Extracted records:
———
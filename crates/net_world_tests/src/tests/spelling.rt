//! The bytes of frames, as rows and `frames` spell them.

use std::slice::Iter;

/// Whether the bytes are those that hexadecimal digits say: behind `_` they go on, and `78*9` is the byte
/// 78 nine times.
pub fn are_spelled(bytes: &[u8], digits: &str) -> bool {
    let mut rest = bytes.iter();
    for part in digits.split('_') {
        let (part, times) = match part.split_once('*') {
            Some((part, times)) => (part, times.parse::<u32>().unwrap_or(0)),
            None => (part, 1),
        };
        for _ in 0..times {
            if !begins_with(&mut rest, part) {
                return false;
            }
        }
    }
    rest.next().is_none()
}

/// Whether the next bytes are those that digits say.
fn begins_with(bytes: &mut Iter<u8>, digits: &str) -> bool {
    let mut high = None;
    for digit in digits.chars() {
        let Some(digit) = digit.to_digit(16) else {
            return false;
        };
        high = match high {
            None => Some(digit),
            Some(high) => {
                if bytes.next().map(|byte| u32::from(*byte)) != paired(high, digit) {
                    return false;
                }
                None
            }
        };
    }
    high.is_none()
}

/// The byte of two digits.
fn paired(high: u32, low: u32) -> Option<u32> {
    high.checked_mul(16)?.checked_add(low)
}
———
→ **Task goal**:
Quote the records above exactly, from the first line through the line containing "let (part, times)", and nothing more.

→ **Solution for this task**:
filename crates/net_world_tests/src/tests/spelling.rt
//! The bytes of frames, as rows and `frames` spell them.

use std::slice::Iter;

/// Whether the bytes are those that hexadecimal digits say: behind `_` they go on, and `78*9` is the byte
/// 78 nine times.
pub fn are_spelled(bytes: &[u8], digits: &str) -> bool {
    let mut rest = bytes.iter();
    for part in digits.split('_') {
        let (part, times) = match part.split_once('*') {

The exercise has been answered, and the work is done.